9. The current technology for the remote control of electronic
consumer products fails to provide a hands-free, economical,
compact, and easy-to-use device. Additionally, available designs do
not offer solutions for inaccuracy due to false response, user
frustration, and ambient noise interference. These problems and
deficiencies are clearly felt in the art and are solved by the
present invention in the manner described below.
SUMMARY OF THE INVENTION
10. It is an advantage of the present invention to provide a
compact, stand alone, speech recognition circuit to control a
variety of electrical devices, including consumer electronic
products or appliances without the need for a host computer.

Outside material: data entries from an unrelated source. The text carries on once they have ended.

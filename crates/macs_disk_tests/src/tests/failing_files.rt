//! Disks in files each of whose calls fails in turn, or that move few octets at a time.

use super::Call::Fill;
use super::{make, seen};
use macs_disk::{ClaimedFile, DiskFile, FileDisk, FileFault, Layout, SectorDisk};
use std::cell::Cell;
use std::io;
use std::io::{Cursor, ErrorKind, Read, Seek, SeekFrom, Write};
use std::process::Abort;

/// The calls of the file that is copied and of its copy, of which one fails.
#[derive(Drop)]
struct Calls {
    made: Cell<u64>,
    /// Which one fails, counted from 1; 0 is none.
    failing: u64,
    kind: ErrorKind,
}

impl Calls {
    fn new(failing: u64, kind: ErrorKind) -> Calls {
        Calls {
            made: Cell::new(0),
            failing,
            kind,
        }
    }

    fn make(&self) -> io::Result<()> {
        let made = self.made.get().saturating_add(1);
        self.made.set(made);
        if made == self.failing {
            return Err(io::Error::from(self.kind));
        }
        Ok(())
    }
}

/// A file in memory that has 4 sectors of room.
#[derive(Drop)]
struct FailingFile<'a> {
    calls: &'a Calls,
    /// How many octets a read or a write moves at most.
    most: usize,
    /// How many octets the file says that it has.
    length: u64,
    octets: Cursor<[u8; 2_048]>,
}

impl FailingFile<'_> {
    /// Begins a read or a write from an octet on.
    fn go_to(&mut self, at: u64) -> io::Result<()> {
        self.calls.make()?;
        self.octets.seek(SeekFrom::Start(at))?;
        Ok(())
    }
}

impl DiskFile for FailingFile<'_> {
    ghost use Rattle.macs_disk.specs.Evidence.{no-claim};

    fn claim(&mut self) -> io::Result<()> {
        self.calls.make()
    }

    fn size(&mut self) -> io::Result<u64> {
        self.calls.make()?;
        Ok(self.length)
    }

    fn read_at(&mut self, at: u64, into: &mut [u8]) -> io::Result<usize> {
        self.go_to(at)?;
        let count = into.len().min(self.most);
        self.octets.read(&mut into[..count])
    }

    fn write_at(&mut self, at: u64, from: &[u8]) -> io::Result<usize> {
        self.go_to(at)?;
        let count = from.len().min(self.most);
        let count = self.octets.write(&from[..count])?;
        self.length = self.length.max(at.saturating_add(count as u64));
        Ok(count)
    }

    fn sync(&mut self) -> io::Result<()> {
        self.calls.make()
    }

    ghost sound = { λ _ behaves. no-claim behaves };
}

/// A file of so many octets of zeros.
fn file(calls: &Calls, length: u64, most: usize) -> FailingFile<'_> {
    FailingFile {
        calls,
        most,
        length,
        octets: Cursor::new([0; 2_048]),
    }
}

/// Whether a write of 7 was done, what is read then, and whether a sync was done.
type Use = (bool, Option<u8>, bool);

fn used<D: SectorDisk>(rt: &impl Abort, disk: &mut D) -> Use {
    let is_written = make(rt, disk, Fill(3, 7)).is_ok();
    let read = seen(rt, disk, 3).ok();
    (is_written, read, disk.sync().is_ok())
}

/// The use of a disk, or why there is none.
type Life = Result<Use, FileFault>;

/// The life of a disk of 4 sectors in a copy of a file of so many octets.
fn live(rt: &impl Abort, calls: &Calls, length: u64, most: usize) -> Life {
    let mut old = ClaimedFile::of(file(calls, length, most))?;
    let mut disk = FileDisk::over(&mut old, file(calls, 0, most), 4)?;
    assert!(rt; disk.sectors() == 4);
    Ok(used(rt, &mut disk))
}

/// The life of the disk is this one, where this call fails.
fn expect(rt: &impl Abort, length: u64, most: usize, failing: u64, kind: ErrorKind, life: Life) {
    let calls = Calls::new(failing, kind);
    assert!(rt;
        live(rt, &calls, length, most) == life,
        "{length} and {most} octets, call {failing}"
    );
}

const DONE: Life = Ok((true, Some(7), true));

const REFUSED: Life = Err(FileFault::Open);

const NO_DEVICE: Life = Err(FileFault::Device);

const NO_MEMORY: Life = Err(FileFault::Memory);

const NOT_WRITTEN: Life = Ok((false, None, false));

const NOT_READ: Life = Ok((true, None, false));

const NOT_SYNCED: Life = Ok((true, Some(7), false));

/// What is answered where no call fails, and where this one does: the claim of the file, its size
/// and the read of it; the write of the copy and its sync; the write of zeros and its sync; and of
/// the disk the write, the read and the sync. Want of memory is reported where there is no disk
/// yet, but for the calls that find out what the file has, and make the copy durable. An
/// interrupted write or read is tried again. Each call after one that failed fails.
const LIVES: [(ErrorKind, [Life; 11]); 3] = [
    (
        ErrorKind::Other,
        [
            DONE,
            REFUSED,
            REFUSED,
            NO_DEVICE,
            REFUSED,
            NO_DEVICE,
            REFUSED,
            REFUSED,
            NOT_WRITTEN,
            NOT_READ,
            NOT_SYNCED,
        ],
    ),
    (
        ErrorKind::OutOfMemory,
        [
            DONE,
            NO_MEMORY,
            NO_MEMORY,
            NO_DEVICE,
            NO_MEMORY,
            NO_DEVICE,
            NO_MEMORY,
            NO_MEMORY,
            NOT_WRITTEN,
            NOT_READ,
            NOT_SYNCED,
        ],
    ),
    (
        ErrorKind::Interrupted,
        [
            DONE, REFUSED, REFUSED, DONE, DONE, NO_DEVICE, DONE, REFUSED, DONE, DONE, NOT_SYNCED,
        ],
    ),
];

#[test]
fn each_call_that_fails_is_answered(rt: HostRuntime) {
    for (kind, lives) in LIVES {
        for (failing, life) in lives.into_iter().enumerate() {
            expect(&rt, 1_024, 2_048, failing as u64, kind, life);
        }
    }
}

/// What is answered where no call fails of those that make a blank disk, and where this one does:
/// two writes of zeros. The file has no room for all of these, and the second writes none, so there
/// is no disk where no call fails.
const NOT_BLANK: [(ErrorKind, [FileFault; 3]); 2] = [
    (
        ErrorKind::Other,
        [FileFault::Open, FileFault::Open, FileFault::Open],
    ),
    (
        ErrorKind::OutOfMemory,
        [FileFault::Open, FileFault::Memory, FileFault::Memory],
    ),
];

/// Why there is no blank disk.
fn refused(calls: &Calls) -> Option<FileFault> {
    FileDisk::blank(file(calls, 0, 2_048), Layout::Packed).err()
}

#[test]
fn each_call_of_a_blank_disk_that_fails_is_answered(rt: HostRuntime) {
    for (kind, faults) in NOT_BLANK {
        for (failing, fault) in faults.into_iter().enumerate() {
            let calls = Calls::new(failing as u64, kind);
            assert!(rt; refused(&calls) == Some(fault), "call {failing}");
        }
    }
}

/// How many octets the file has and a call moves at most, which call fails, and the life: short
/// moves are finished, and one that moves nothing fails. Of 2,048 octets that move by 256, the
/// copy is calls 3 to 18, a read and a write in turn, and 19 its sync; a sector is written by calls
/// 20 and 21, and read by 22 and 23. A file that has fewer octets than it said is not copied.
const SHORT: [(u64, usize, u64, ErrorKind, Life); 12] = [
    (1_024, 1, 0, ErrorKind::Other, DONE),
    (1_024, 100, 0, ErrorKind::Other, DONE),
    (1_024, 511, 0, ErrorKind::Other, DONE),
    (1_024, 0, 0, ErrorKind::Other, NO_DEVICE),
    (0, 0, 0, ErrorKind::Other, REFUSED),
    (2_048, 1, 0, ErrorKind::Other, DONE),
    (2_048, 256, 17, ErrorKind::Other, NO_DEVICE),
    (2_048, 256, 18, ErrorKind::Other, REFUSED),
    (2_048, 256, 19, ErrorKind::Other, NO_DEVICE),
    (2_048, 256, 23, ErrorKind::Other, NOT_READ),
    (2_048, 256, 23, ErrorKind::Interrupted, DONE),
    (2_560, 2_048, 0, ErrorKind::Other, NO_DEVICE),
];

#[test]
fn short_moves_are_finished(rt: HostRuntime) {
    for (length, most, failing, kind, life) in SHORT {
        expect(&rt, length, most, failing, kind, life);
    }
}

/// The copy ends where the file does, and no more is waited for.
#[test]
fn a_file_that_has_less_than_it_says_is_no_disk(rt: HostRuntime) {
    expect(&rt, 2_560, 2_048, 0, ErrorKind::Other, NO_DEVICE);
}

11. It is another advantage to provide an easy-to-use device that
is programmable to recognize a variety of command words so that
more that one device can be utilized within one room.
12. It is yet another advantage of the present invention to provide
a low-cost replacement for a standard wall switch and switch box
for speech control of electrical devices connected to the wall
switch circuit.
13. It is still another advantage to provide a portable speech
recognition interface between a standard AC outlet and an
electrical device.
14. A further advantage of the invention is to provide a speech
recognition device that incorporates user interfaces for confirming
acceptance of speech commands thereby increasing recognition
accuracy while reducing the necessity for training the user.
15. In a preferred embodiment of the present invention, a
stand-alone, programmable speech recognition device acts as a
control interface between a 120 V or 230 V AC switch and a
connected electrical appliance or light. In a preferred embodiment
("wall switch embodiment"), the voice activated control circuitry
is designed to fit into a switch box shell that can be installed in
place of a standard wall switch. In an alternate preferred
embodiment ("outlet embodiment"), the voice activated control
circuitry is encased in a portable, palm-sized shell that can be
plugged into a standard outlet.
16. In a wall switch embodiment, the speech recognition circuitry
of the invention is contained on a circuit board having dimensions
to fit within a standard wall switch box. The circuit board has
connections for user interfaces including input leads for a
microphone for accepting a voice command, a manual switch
controller for accepting manual operation of the switch, and at
least one light-emitting diode ("LED").
17. The manual switch controller provides a manual means for
operating the switch, and operates in cooperation with the speech
recognition circuitry. A variety of technologies can be utilized
for the manual switch including rocker switches, actuator-type
controls, push-buttons and touch plate technology. The preferred
embodiment utilizes capacitance touch plate technology that is
known in the art.
18. The speech recognition device operates in a continuous
listening mode which allows it to actively listen for sounds at all
times. Ideally, the device is located in a position that is exposed
and not hidden behind an object such as a piece of furniture. An
exposed location allows a built-in microphone to pick up un-muffled
sounds and speech in proximity to the device thereby increasing the
response accuracy. The preferred wall switch embodiment is
typically placed in a convenient location within a room and
positioned at approximately four feet (122 cm) from a floor. Thus,
the microphone will be at an optimal level to accept a speaker's
commands, particularly in circumstances in which the speaker is
seated. Obviously, where an AC outlet or a light is controlled by
more than one wall switch, a microphone of at least one of the
voice activated wall switches is more likely to be in proximity to
the user (speaker).
19. The outlet embodiment of the present invention is plugged into
an AC outlet. The outlet embodiment has at least one plug for
accepting the cord jack of an electrical device and may necessarily
be plugged into an outlet behind an object that obstructs the line
from the user to the device. Therefore, this embodiment may include
a separate attachable microphone that is placed in a location most
likely to maintain an unobstructed line between the microphone and
the user. The use of a separate microphone allows the microphone to
be placed in a convenient location that is in close proximity to
the user. This is particularly useful where the environment is
noisy, or where the user is disabled or has low mobility.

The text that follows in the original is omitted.